═════ Input records

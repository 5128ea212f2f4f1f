//! Two enabled beans that specialize one bean (CDI 4.0, Inconsistent specialization).
ghost use Rattle.std.specs.Prelude.{◌≡◌, ◌++◌, List, fold, length, map, not, slice_set, true, IfOk, OnOk};
ghost use Rattle.std.specs.BTreeMap.{values};
ghost use Rattle.std.specs.List.{AllZip, flat_map, list_all};
ghost use Rattle.cdi_model.specs.DeclList.{AreDistinct};
ghost use Rattle.cdi_model.specs.declared.decl.BeanDecl.{BeanDecl as AnyBean};
ghost use Rattle.cdi_effective.specs.Lent.{beans_in};
ghost use Rattle.cdi_effective.specs.Specialized.{class_names};
ghost use Rattle.cdi_faults.specs.FaultText.{text_of_fault};
ghost use Rattle.cdi_validate.specs.Linked.{faults_between, faults_of_chains, first_marked, is_first_enabled, is_marked, link_to};
ghost use Rattle.cdi_validate.specs.Linked.{links_to, specializing, specializing_by, AreMarked, KeepsChain};
ghost use Rattle.cdi_validate.specs.Together.{is_chainless, HaveNoneTwice};
ghost use Rattle.cdi_validate.specs.Twice.{by_line, specialized_twice, with_line};

use crate::text::Text;
use cdi_effective::{Effective, behind};
use cdi_faults::Fault;
use cdi_model::{BeanDecl, Decl, Decls, Kind, Name};
use cdi_observe::View;
use std::alloc::{AllocError, Global};
use std::collections::BTreeMap;

/// A class, and the position of the declaration of its bean.
#[derive(Clone, Copy)]
struct Link {
    position: usize,
    class: Name,
}

/// The chain of an enabled bean.
#[derive(Drop)]
struct BeanChain {
    class: Name,
    /// The beans behind it, in order.
    behind: Vec<Link>,
    /// Of the position of each declaration, whether it is that of a bean behind it.
    marks: Vec<bool>,
}

/// Appends a fault for each two enabled beans whose chains share a bean and of which neither is in the chain of the other,
/// in the byte order of their lines. It takes memory for the chains of the enabled beans that specialize others, for a mark
/// for each declaration beside each of these chains, and for the lines. It answers whether there is no such fault.
pub(crate) fn push_of_twice<V: View>(
    alloc: Global,
    view: &V,
    faults: &mut Vec<Fault>,
) -> Result<bool, AllocError>
    ensures faults { OnOk result (faults.new.items ≡ faults.old.items ++ specialized_twice (V.list view.now)) }
    ensures apart { IfOk result (λ apart. apart ≡ true → HaveNoneTwice (V.list view.now) (V.list view.now)) }
{
    let before = faults.len();
    let chains = chains_of(alloc, view)?;
    let lines = lines_between(alloc, &chains)?;
    push_all(lines, faults)?;
    Ok(faults.len() == before)
}

/// Whether no enabled bean of some declarations says that it specializes another. It takes no memory, and looks at these alone.
pub fn are_chainless<V: View>(view: &V, decls: &[&Decl]) -> bool
    ensures { result ≡ list_all (is_chainless (V.list view.now)) (map (λ d. d.now) decls.now) }
{
    for decl in decls {
        if specializes(view, *decl) {
            return false;
        }
    }
    true
}

/// Whether a declaration is that of an enabled bean that says that it specializes another.
fn specializes<V: View>(view: &V, decl: &Decl) -> bool
    ensures { result ≡ not (is_chainless (V.list view.now) decl.now) }
{
    match decl {
        Decl::Bean(bean) => bean.specializes && is_first_enabled(view.records(&bean.name)),
        _ => false,
    }
}

/// The chains of the enabled beans that say that they specialize others, in the order of their declarations.
fn chains_of<V: View>(alloc: Global, view: &V) -> Result<Vec<BeanChain>, AllocError>
    ensures chains { IfOk result (λ chains. AllZip (KeepsChain (V.list view.now)) chains.items (specializing (V.list view.now))) }
    ensures distinct { AreDistinct (V.list view.now) }
{
    let mut chains = Vec::new(alloc);
    for decl in view.decls().iter() {
        push_of_decl(alloc, view, decl, &mut chains)?;
    }
    Ok(chains)
}

/// Appends the chain of the bean of a declaration, if it is one that says that it specializes another, and is enabled.
fn push_of_decl<V: View>(
    alloc: Global,
    view: &V,
    decl: &Decl,
    chains: &mut Vec<BeanChain>,
) -> Result<(), AllocError>
    ensures { OnOk result ((bs : List AnyBean) → AllZip (KeepsChain (V.list view.now)) chains.old.items bs
        → AllZip (KeepsChain (V.list view.now)) chains.new.items (bs ++ specializing_by (V.list view.now) decl.now)) }
{
    let Decl::Bean(bean) = decl else {
        return Ok(());
    };
    if !bean.specializes {
        return Ok(());
    }
    if !is_first_enabled(view.records(&bean.name)) {
        return Ok(());
    }
    chains.push(chain_of(alloc, view.decls(), bean)?)?;
    Ok(())
}

fn is_first_enabled(records: &[Effective]) -> bool
    ensures { result ≡ is_first_enabled records.now }
{
    match records {
        [] => false,
        [bean, ..] => bean.is_enabled,
    }
}

/// The chain of a bean.
fn chain_of(alloc: Global, decls: &Decls, bean: &BeanDecl) -> Result<BeanChain, AllocError>
    ensures { IfOk result (λ chain. KeepsChain decls.now chain bean.now) }
{
    let beans = behind(alloc, decls, bean)?;
    let links = links_to(alloc, decls, &beans)?;
    let marks = marks_of(alloc, decls, &links)?;
    Ok(BeanChain {
        class: bean.name,
        behind: links,
        marks,
    })
}

/// The classes of some beans, with the positions of their declarations.
fn links_to(alloc: Global, decls: &Decls, beans: &[&BeanDecl]) -> Result<Vec<Link>, AllocError>
    ensures { IfOk result (λ links. links.items ≡ links_to decls.now (class_names (beans_in beans.now))) }
{
    let mut links = Vec::with_capacity(alloc, beans.len())?;
    for bean in beans {
        push_link(decls, bean, &mut links)?;
    }
    Ok(links)
}

fn push_link(decls: &Decls, bean: &BeanDecl, links: &mut Vec<Link>) -> Result<(), AllocError>
    ensures { OnOk result (links.new.items ≡ links.old.items ++ link_to decls.now bean.now.name) }
{
    if let Some(position) = decls.position(Kind::Bean, &bean.name) {
        links.push(Link {
            position,
            class: bean.name,
        })?;
    }
    Ok(())
}

/// Marks for the positions of all declarations: those of the links are marked.
fn marks_of(alloc: Global, decls: &Decls, links: &[Link]) -> Result<Vec<bool>, AllocError>
    ensures { IfOk result (λ marks. AreMarked (length decls.now) links.now marks.items) }
{
    let mut marks = vec![in alloc; false; decls.len()]?;
    for link in links {
        mark(&mut marks, link.position);
    }
    Ok(marks)
}

/// Marks a position, if there are so many.
fn mark(marks: &mut Vec<bool>, position: usize)
    ensures { marks.new.items ≡ slice_set marks.old.items position true }
{
    if position < marks.len() {
        marks[position] = true;
    }
}

/// The faults between each two of some chains, by their lines.
fn lines_between(alloc: Global, chains: &[BeanChain]) -> Result<BTreeMap<Text, Fault>, AllocError>
    ensures { IfOk result (λ lines. lines.entries ≡ by_line (faults_between chains.now)) }
{
    let mut lines = BTreeMap::new(alloc);
    let mut left = chains;
    'taken: while let Some((chain, later)) = left.split_first() {
        add_lines(alloc, chain, later, &mut lines)?;
        left = later;
    }
    Ok(lines)
}

/// Adds the faults between a chain and each of those after it.
fn add_lines(
    alloc: Global,
    chain: &BeanChain,
    later: &[BeanChain],
    lines: &mut BTreeMap<Text, Fault>,
) -> Result<(), AllocError>
    ensures { OnOk result (lines.new.entries ≡ fold with_line lines.old.entries (flat_map (faults_of_chains chain.now) later.now)) }
{
    for other in later {
        add_line(alloc, chain, other, lines)?;
    }
    Ok(())
}

/// Adds the fault of two chains, if they share a bean.
fn add_line(
    alloc: Global,
    chain: &BeanChain,
    later: &BeanChain,
    lines: &mut BTreeMap<Text, Fault>,
) -> Result<(), AllocError>
    ensures { OnOk result (lines.new.entries ≡ fold with_line lines.old.entries (faults_of_chains chain.now later.now)) }
{
    let Some(specialized) = first_marked(&chain.behind, &later.marks) else {
        return Ok(());
    };
    let fault = Fault::SpecializedTwice {
        specialized,
        first: chain.class,
        second: later.class,
    };
    let line = line_of(alloc, &fault)?;
    lines.insert(line, fault)?;
    Ok(())
}

/// The class of the first link whose position is marked.
fn first_marked(links: &[Link], marks: &[bool]) -> Option<Name>
    ensures { result ≡ first_marked links.now marks.now }
{
    for link in links {
        if is_marked(marks, link.position) {
            return Some(link.class);
        }
    }
    None
}

/// Whether the mark at a position is set: none is beyond the last.
pub(crate) fn is_marked(marks: &[bool], position: usize) -> bool
    ensures { result ≡ is_marked marks.now position }
{
    matches!(marks.get(position), Some(true))
}

/// The line that a fault prints.
fn line_of(alloc: Global, fault: &Fault) -> Result<Text, AllocError>
    ensures { IfOk result (λ line. line ≡ text_of_fault fault.now) }
{
    let mut text = Vec::new(alloc);
    fault.push_text(&mut text)?;
    Ok(Text::new(text))
}

/// Appends the faults, in the order of their lines.
fn push_all(lines: BTreeMap<Text, Fault>, faults: &mut Vec<Fault>) -> Result<(), AllocError>
    ensures { OnOk result (faults.new.items ≡ faults.old.items ++ values lines) }
{
    for fault in lines.into_values() {
        faults.push(fault)?;
    }
    Ok(())
}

══════════

What is needed is a single figure, the number of lines in the entries above that contain "AreMarked".

2